I like some of the things (Active/Weather, Menu Speed, TV and audio in the menus) about the R15. But there is a part of me that wished I bought the R10 instead.

Has anyone else experienced these situations or feel the same way about the R15?

Thanks for reading,

Joe


----------



## Mike770 (Mar 1, 2004)

profbobo said:


> Hello:
> 
> I'm new here but have lurked for a while.
> 
> ...


The exact same thing happens to me. It not that big of a deal when you are watching a 1/2 hour show but anything larger than that can become a big pain in the butt trying to fast forward to where you were.

Edit: Spelling.


----------



## gimme5 (Jan 28, 2006)

This is a problem that everyone sees at the moment, I don't think it's just for SLs though. Actually, it happens when you use the jumpback button and the show being recorded has just ended.

Here's what I do: when I see that the show has ended and I need to FF through the commercials, I press pause after the commercials. Then green button (to set a bookmark). Then I hit jumpback, and it asks me if I want to delete (twice). When I start playing again, I go to the bookmark.

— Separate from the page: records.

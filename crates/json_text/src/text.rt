//! Texts, and the compact texts of values.

ghost use Rattle.std.specs.Prelude.{◌≡◌, ◌-◌, ◌≤◌, take, drop, length, IfOk, IfSome, MatchOption};
ghost use Rattle.std.specs.Str.{IsUtf8};
ghost use Rattle.json_text.specs.Characters.{quote};
ghost use Rattle.json_text.specs.inner.Spans.{between, StandsQuoted};
ghost use Rattle.json_text.specs.Value.{IsCompact};

use crate::stretch::Stretch;
use std::alloc::{AllocError, Global};
use std::marker::Model;

/// A text: bytes that are UTF-8.
#[derive(Drop)]
pub struct Text {
    bytes: Stretch,
}

impl Model for Text {
    ghost use Rattle.std.specs.Prelude.{List, ℕ};
    ghost use Rattle.std.specs.Str.{IsUtf8};

    ghost Value = { List ℕ };

    ghost view = { λ t. t.bytes };

    ghost invariant = { λ t. IsUtf8 t.bytes };
}

/// The compact text of one JSON value, in which at most 128 brackets are open at once.
#[derive(Drop)]
pub struct Raw {
    bytes: Stretch,
}

impl Model for Raw {
    ghost use Rattle.std.specs.Prelude.{List, ℕ};
    ghost use Rattle.json_text.specs.Value.{IsCompact};

    ghost Value = { List ℕ };

    ghost view = { λ r. r.bytes };

    ghost invariant = { λ r. IsCompact 128 r.bytes };
}

/// How many members are few: room is made for so many at once, and the names of so many are
/// compared one by one.
pub const FEW_MEMBERS: usize = 40;

/// A member of an object.
#[derive(Drop)]
pub struct Member {
    pub name: Text,
    pub value: Raw,
}

impl Text {
    /// These bytes, or `None` exactly where they aren't UTF-8.
    pub fn read(alloc: Global, bytes: &[u8]) -> Result<Option<Text>, AllocError>
        ensures { IfOk result (λ found. MatchOption found (¬ IsUtf8 bytes.now) (λ text. text
            ≡ bytes.now)) }
    {
        if std::str::from_utf8(bytes).is_err() {
            return Ok(None);
        }
        Ok(Some(Text::from_utf8(Vec::from_slice(alloc, bytes)?)?))
    }

    /// The text of these characters.
    pub fn from_str(alloc: Global, characters: &str) -> Result<Text, AllocError>
        ensures { IfOk result (λ text. text ≡ characters.now) }
    {
        Ok(Text::read(alloc, characters.as_bytes())?.unwrap())
    }

    /// The text of these characters of the program. It takes no memory.
    pub fn fixed(characters: &'static str) -> Text
        ensures { result ≡ characters.now }
    {
        Text {
            bytes: Stretch::fixed(characters.as_bytes()),
        }
    }

    /// How many bytes it has, without a look at them.
    pub fn len(&self) -> usize
        ensures { result ≡ length self.now }
    {
        self.bytes.len()
    }

    /// The bytes, which are UTF-8.
    pub fn as_bytes(&self) -> &[u8]
        ensures value { result.now ≡ self.now }
        ensures utf8 { IsUtf8 self.now }
    {
        self.bytes.as_slice()
    }

    /// An equal text, of which no byte is copied.
    pub fn try_clone(&self) -> Result<Text, AllocError>
        ensures { IfOk result (λ copy. copy ≡ self.now) }
    {
        Ok(Text {
            bytes: self.bytes.try_clone()?,
        })
    }

    /// Its quote, where that stands around it. No byte is looked at.
    pub(crate) fn as_quote(&self) -> Option<&[u8]>
        ensures value { IfSome result (λ bytes. bytes.now ≡ quote self.now) }
        ensures utf8 { IsUtf8 self.now }
    {
        self.bytes.as_quote()
    }

    /// The text with these bytes.
    pub(crate) fn from_utf8(bytes: Vec<u8>) -> Result<Text, AllocError>
        requires { IsUtf8 bytes.items }
        ensures { IfOk result (λ text. text ≡ bytes.items) }
    {
        Ok(Text {
            bytes: Stretch::from_vec(bytes)?,
        })
    }
}

impl Raw {
    /// The value with this compact text of the program. It takes no memory.
    pub fn fixed(text: &'static str) -> Raw
        requires { IsCompact 128 text.now }
        ensures { result ≡ text.now }
    {
        Raw {
            bytes: Stretch::fixed(text.as_bytes()),
        }
    }

    /// The bytes, which are the compact text of one value.
    pub fn as_bytes(&self) -> &[u8]
        ensures value { result.now ≡ self.now }
        ensures compact { IsCompact 128 self.now }
    {
        self.bytes.as_slice()
    }

    /// An equal value, of which no byte is copied.
    pub fn try_clone(&self) -> Result<Raw, AllocError>
        ensures { IfOk result (λ copy. copy ≡ self.now) }
    {
        Ok(Raw {
            bytes: self.bytes.try_clone()?,
        })
    }

    /// The value whose compact text stands between two offsets of this one's. No byte is copied.
    #[inline(always)]
    pub fn cut(&self, start: usize, end: usize) -> Result<Raw, AllocError>
        requires within { (start ≤ end) × (end ≤ length self.now) }
        requires compact { IsCompact 128 (take (end - start) (drop start self.now)) }
        ensures { IfOk result (λ raw. raw ≡ take (end - start) (drop start self.now)) }
    {
        Ok(Raw {
            bytes: self.bytes.cut(start, end)?,
        })
    }

    /// The text that stands between two offsets of the compact text, with its quote around it. No
    /// byte is copied.
    #[inline(always)]
    pub(crate) fn cut_text(&self, start: usize, end: usize) -> Result<Text, AllocError>
        requires quoted { StandsQuoted self.now start end }
        requires utf8 { IsUtf8 (between self.now start end) }
        ensures { IfOk result (λ text. text ≡ between self.now start end) }
    {
        Ok(Text {
            bytes: self.bytes.cut_quoted(start, end)?,
        })
    }

    /// The value with this compact text.
    pub fn from_compact(bytes: Vec<u8>) -> Result<Raw, AllocError>
        requires { IsCompact 128 bytes.items }
        ensures { IfOk result (λ raw. raw ≡ bytes.items) }
    {
        Ok(Raw {
            bytes: Stretch::from_vec(bytes)?,
        })
    }
}

impl Member {
    ghost use Rattle.std.specs.Prelude.{◌≡◌, IfOk};
    ghost use Rattle.json_text.specs.Members.{pair_of};

    /// The member of this name with this value.
    pub fn named(alloc: Global, name: &str, value: Raw) -> Result<Member, AllocError>
        ensures { IfOk result (λ member. pair_of member ≡ (name.now, value)) }
    {
        let name = Text::from_str(alloc, name)?;
        Ok(Member { name, value })
    }

    /// An equal member.
    pub fn try_clone(&self) -> Result<Member, AllocError>
        ensures { IfOk result (λ copy. copy ≡ self.now) }
    {
        let name = self.name.try_clone()?;
        let value = self.value.try_clone()?;
        Ok(Member { name, value })
    }
}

I know it's inconvenient, but that's what works for me.

Your other option is to rewind instead of using the jumpback button. I used to do that, but I would inevitably hit the jumpback button at some point.

Hopefully this bug will be fixed soon.


----------



## profbobo (Jan 22, 2006)

gimme5 said:


> This is a problem that everyone sees at the moment, I don't think it's just for SLs though. Actually, it happens when you use the jumpback button and the show being recorded has just ended.
> 
> Hopefully this bug will be fixed soon.


Thanks for the tip on bookmarks. I remember seeing that in the manual, but haven't messed with it yet.

I don't think the issue has anything to do with any buttons I'm pressing on the remote. Most of the time I'm not doing anything.

Maybe I can explain better what is going on.

I have a SL to record 24 on FOX. I pad 5 before and 5 after. Most of the time it's recording from 8:55pm - 10:05pm. Sometimes there are 2 Hour specials.

Anyway, my wife and I will normally sit down around 9:20pm to start watching 24. We turn on the TV and R15, go to MyVOD, select the episode that is currently recording and press play.

We watch and FF through the commercials.

At 10:05pm, the R15 stops recording 24, but we're still watching. We're probably about 40 to 50 minutes into it. I don't press anything; we're just watching the show. The R15 flashes a bit, stops the video feed to the TV and the Delete/Don't Delete menu pops up. I select Don't Delete and then it pops up again when it goes back to MyVOD. I again select Don't Delete and have to restart the show from the beginning and FF to the point where we left off.

It's as if the R15 thinks the point at which it is recording is the point at which I'm watching. Or more likely, it thinks I'm not even watching. Or even more likely, it isn't thinking.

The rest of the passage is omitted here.